(Collected data)
========

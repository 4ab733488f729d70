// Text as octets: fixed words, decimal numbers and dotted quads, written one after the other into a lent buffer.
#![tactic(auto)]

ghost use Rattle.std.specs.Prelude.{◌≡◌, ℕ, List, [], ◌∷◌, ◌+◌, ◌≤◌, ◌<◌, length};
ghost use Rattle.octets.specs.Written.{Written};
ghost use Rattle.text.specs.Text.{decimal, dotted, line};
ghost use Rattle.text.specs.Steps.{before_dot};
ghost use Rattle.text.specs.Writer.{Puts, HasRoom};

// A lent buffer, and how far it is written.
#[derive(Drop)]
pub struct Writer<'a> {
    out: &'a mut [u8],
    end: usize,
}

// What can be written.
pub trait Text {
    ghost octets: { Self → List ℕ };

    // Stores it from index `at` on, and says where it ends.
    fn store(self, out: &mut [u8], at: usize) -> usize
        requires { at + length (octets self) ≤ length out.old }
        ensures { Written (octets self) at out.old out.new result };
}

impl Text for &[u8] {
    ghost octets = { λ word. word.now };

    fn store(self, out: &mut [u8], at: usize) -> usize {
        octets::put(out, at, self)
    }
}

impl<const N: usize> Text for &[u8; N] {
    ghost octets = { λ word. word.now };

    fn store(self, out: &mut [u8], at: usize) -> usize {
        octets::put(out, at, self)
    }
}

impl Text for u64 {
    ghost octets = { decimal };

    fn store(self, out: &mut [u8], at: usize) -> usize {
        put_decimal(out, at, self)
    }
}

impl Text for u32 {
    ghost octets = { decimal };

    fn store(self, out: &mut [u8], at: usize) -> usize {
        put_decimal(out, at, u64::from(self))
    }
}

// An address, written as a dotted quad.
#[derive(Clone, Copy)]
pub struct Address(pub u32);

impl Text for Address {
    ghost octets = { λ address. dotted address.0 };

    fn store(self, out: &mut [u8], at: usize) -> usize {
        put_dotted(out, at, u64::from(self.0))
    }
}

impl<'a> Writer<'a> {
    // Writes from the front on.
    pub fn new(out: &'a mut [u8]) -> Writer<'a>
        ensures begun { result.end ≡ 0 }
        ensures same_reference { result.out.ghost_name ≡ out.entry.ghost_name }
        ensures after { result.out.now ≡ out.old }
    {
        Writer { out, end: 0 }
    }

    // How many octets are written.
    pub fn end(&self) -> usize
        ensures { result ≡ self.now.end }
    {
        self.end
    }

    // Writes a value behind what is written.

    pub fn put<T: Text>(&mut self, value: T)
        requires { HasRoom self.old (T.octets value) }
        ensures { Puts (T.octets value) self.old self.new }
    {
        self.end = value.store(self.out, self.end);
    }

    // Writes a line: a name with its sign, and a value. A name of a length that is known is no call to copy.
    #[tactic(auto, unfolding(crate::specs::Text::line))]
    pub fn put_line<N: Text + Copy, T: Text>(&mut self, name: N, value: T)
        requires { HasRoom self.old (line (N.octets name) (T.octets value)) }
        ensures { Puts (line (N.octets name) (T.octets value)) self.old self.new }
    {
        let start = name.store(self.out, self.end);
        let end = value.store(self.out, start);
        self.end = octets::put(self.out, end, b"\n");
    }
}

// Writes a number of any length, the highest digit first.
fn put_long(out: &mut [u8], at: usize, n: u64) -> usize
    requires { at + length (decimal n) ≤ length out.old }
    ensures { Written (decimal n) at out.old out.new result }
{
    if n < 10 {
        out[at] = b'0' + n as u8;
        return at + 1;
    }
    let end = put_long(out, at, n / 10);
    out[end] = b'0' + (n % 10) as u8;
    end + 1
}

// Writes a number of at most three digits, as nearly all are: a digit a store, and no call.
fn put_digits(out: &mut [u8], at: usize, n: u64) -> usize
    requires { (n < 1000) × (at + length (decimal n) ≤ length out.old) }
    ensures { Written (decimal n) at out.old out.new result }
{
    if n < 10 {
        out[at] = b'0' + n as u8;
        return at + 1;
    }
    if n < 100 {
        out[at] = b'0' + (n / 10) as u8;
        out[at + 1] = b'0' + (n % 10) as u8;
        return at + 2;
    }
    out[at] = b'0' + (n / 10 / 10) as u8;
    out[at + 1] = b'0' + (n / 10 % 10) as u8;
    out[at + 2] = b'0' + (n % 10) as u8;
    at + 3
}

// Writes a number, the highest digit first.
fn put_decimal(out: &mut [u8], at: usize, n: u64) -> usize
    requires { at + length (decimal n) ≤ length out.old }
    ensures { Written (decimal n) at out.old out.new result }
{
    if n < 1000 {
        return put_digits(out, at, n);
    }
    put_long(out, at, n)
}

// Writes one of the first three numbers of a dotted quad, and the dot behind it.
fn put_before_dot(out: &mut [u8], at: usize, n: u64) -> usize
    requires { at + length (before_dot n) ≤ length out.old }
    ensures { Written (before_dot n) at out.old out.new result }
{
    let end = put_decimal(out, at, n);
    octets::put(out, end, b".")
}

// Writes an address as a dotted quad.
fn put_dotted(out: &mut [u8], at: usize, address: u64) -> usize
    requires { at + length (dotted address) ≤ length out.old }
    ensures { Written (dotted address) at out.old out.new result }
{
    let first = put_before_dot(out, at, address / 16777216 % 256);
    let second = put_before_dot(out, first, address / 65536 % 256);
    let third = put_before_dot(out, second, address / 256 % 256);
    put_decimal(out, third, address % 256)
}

========

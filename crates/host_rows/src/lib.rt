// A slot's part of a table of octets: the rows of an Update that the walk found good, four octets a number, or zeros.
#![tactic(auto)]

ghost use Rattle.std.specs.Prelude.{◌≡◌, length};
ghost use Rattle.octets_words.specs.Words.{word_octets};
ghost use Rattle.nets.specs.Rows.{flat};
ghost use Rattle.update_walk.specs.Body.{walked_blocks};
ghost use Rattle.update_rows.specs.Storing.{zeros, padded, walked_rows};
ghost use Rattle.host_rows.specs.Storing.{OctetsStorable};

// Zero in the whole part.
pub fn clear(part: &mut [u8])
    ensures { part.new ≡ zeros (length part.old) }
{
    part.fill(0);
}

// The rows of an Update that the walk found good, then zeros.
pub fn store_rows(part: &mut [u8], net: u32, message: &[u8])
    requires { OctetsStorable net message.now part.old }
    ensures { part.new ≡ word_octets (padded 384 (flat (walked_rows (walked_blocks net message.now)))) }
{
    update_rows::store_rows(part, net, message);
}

========

= Work required =
Search the entries above for the word "highest", and copy every line where it occurs.

= Task result =
// Writes a number of any length, the highest digit first.
// Writes a number, the highest digit first.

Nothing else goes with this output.